▸ **ACTIVITY**
Which lines in the records below contain the word "struct"? Copy each one.

▸ **INPUT MATERIAL**

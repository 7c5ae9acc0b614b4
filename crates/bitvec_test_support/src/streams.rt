//! Readers and writers that give or take little, or fail.
//!
//! A `Vec<u8, A>` is the writer that takes everything and keeps it.
ghost use Rattle.std.specs.Prelude.{◌≡◌, ◌+◌, ◌<◌, ◌≤◌, ◌↔◌, [], length, min, Some, None, IfOk, OnErr, IsTrue, IsFalse};
ghost use Rattle.std.specs.Io.{ReadsAtMost, WritesAtMost};
ghost use Rattle.std.specs.Io.KnownBytes.{Keeps, ReadConsumes, WriteAppends};
ghost use Rattle.bitvec_test_support.specs.Fails.{FailsWhere};

use std::io::{self, ErrorKind, Read, Write};

/// A reader that gives one byte a call, and fails with `Interrupted` between two bytes.
#[derive(Drop)]
pub struct OneByteReader<'a> {
    /// What is still to be read.
    pub bytes: &'a [u8],

    /// Whether the next read fails, as the one after a byte does where another byte follows.
    pub is_interrupted: bool,
}

impl<'a> OneByteReader<'a> {
    /// A reader over `bytes`, whose first read gives a byte.
    pub fn new(bytes: &'a [u8]) -> Self
        ensures bytes { result.bytes.now ≡ bytes.now }
        ensures uninterrupted { IsFalse result.is_interrupted }
    {
        OneByteReader {
            bytes,
            is_interrupted: false,
        }
    }
}

impl<'a> Read for OneByteReader<'a> {
    ghost remaining = { λ reader. Some reader.bytes.now };

    fn read(&mut self, buf: &mut [u8]) -> io::Result<usize>
        ensures bound { ReadsAtMost result buf.new }
        ensures bytes { ReadConsumes (Some self.old.bytes.now) (Some self.new.bytes.now) result buf.new }
        ensures one { IfOk result (λ count. count ≤ 1) }
        ensures fails { FailsWhere result (IsTrue self.old.is_interrupted) ErrorKind.Interrupted }
        ensures next { IfOk result (λ count. IsTrue self.new.is_interrupted ↔ (0 < count) × (0 < length self.new.bytes.now)) }
        ensures retried { OnErr result (IsFalse self.new.is_interrupted) }
    {
        if self.is_interrupted {
            self.is_interrupted = false;
            return Err(io::Error::from(ErrorKind::Interrupted));
        }
        let most = buf.len().min(1);
        let count = self.bytes.read(&mut buf[..most])?;
        self.is_interrupted = count > 0 && !self.bytes.is_empty();
        Ok(count)
    }
}

/// A reader that gives its bytes, and from then on fails.
#[derive(Drop)]
pub struct FailingReader<'a> {
    /// What is still to be read.
    pub bytes: &'a [u8],

    /// The kind of the error that follows the bytes.
    pub kind: ErrorKind,
}

impl<'a> FailingReader<'a> {
    /// A reader that gives `bytes`, and then an error of the kind `kind` at each call.
    pub fn new(bytes: &'a [u8], kind: ErrorKind) -> Self
        ensures bytes { result.bytes.now ≡ bytes.now }
        ensures kind { result.kind ≡ kind }
    {
        FailingReader { bytes, kind }
    }
}

impl<'a> Read for FailingReader<'a> {
    ghost remaining = { λ reader. Some reader.bytes.now };

    fn read(&mut self, buf: &mut [u8]) -> io::Result<usize>
        ensures bound { ReadsAtMost result buf.new }
        ensures bytes { ReadConsumes (Some self.old.bytes.now) (Some self.new.bytes.now) result buf.new }
        ensures count { IfOk result (λ count. count ≡ min (length self.old.bytes.now) (length buf.old)) }
        ensures fails { FailsWhere result (self.old.bytes.now ≡ []) self.old.kind }
        ensures kept { self.new.kind ≡ self.old.kind }
    {
        if self.bytes.is_empty() {
            return Err(io::Error::from(self.kind));
        }
        self.bytes.read(buf)
    }
}

/// A writer that takes a number of bytes in all, keeps none of them, and fails once it is full.
#[derive(Drop)]
pub struct FailingWriter {
    /// How many bytes it still takes.
    pub room: usize,

    /// The kind of the error once it is full.
    pub kind: ErrorKind,
}

impl FailingWriter {
    /// A writer that takes `room` bytes. Once it is full, a write fails with an error of the kind
    /// `kind`, and so does a flush: what fits exactly still fails where it is flushed.
    pub fn new(room: usize, kind: ErrorKind) -> Self
        ensures room { result.room ≡ room }
        ensures kind { result.kind ≡ kind }
    {
        FailingWriter { room, kind }
    }
}

impl Write for FailingWriter {
    fn write(&mut self, buf: &[u8]) -> io::Result<usize>
        ensures bound { WritesAtMost result buf.now }
        ensures bytes { WriteAppends None None result buf.now }
        ensures count { IfOk result (λ count. (count ≡ min (length buf.now) self.old.room)
            × (self.new.room + count ≡ self.old.room)) }
        ensures fails { FailsWhere result (self.old.room ≡ 0) self.old.kind }
        ensures unchanged { OnErr result (self.new ≡ self.old) }
        ensures kept { self.new.kind ≡ self.old.kind }
    {
        self.flush()?;
        let count = buf.len().min(self.room);
        self.room -= count;
        Ok(count)
    }

    fn flush(&mut self) -> io::Result<()>
        ensures bytes { Keeps None None }
        ensures fails { FailsWhere result (self.old.room ≡ 0) self.old.kind }
        ensures unchanged { self.new ≡ self.old }
    {
        if self.room == 0 {
            return Err(io::Error::from(self.kind));
        }
        Ok(())
    }
}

▸ **TASK RESPONSE**
pub struct OneByteReader<'a> {
pub struct FailingReader<'a> {
pub struct FailingWriter {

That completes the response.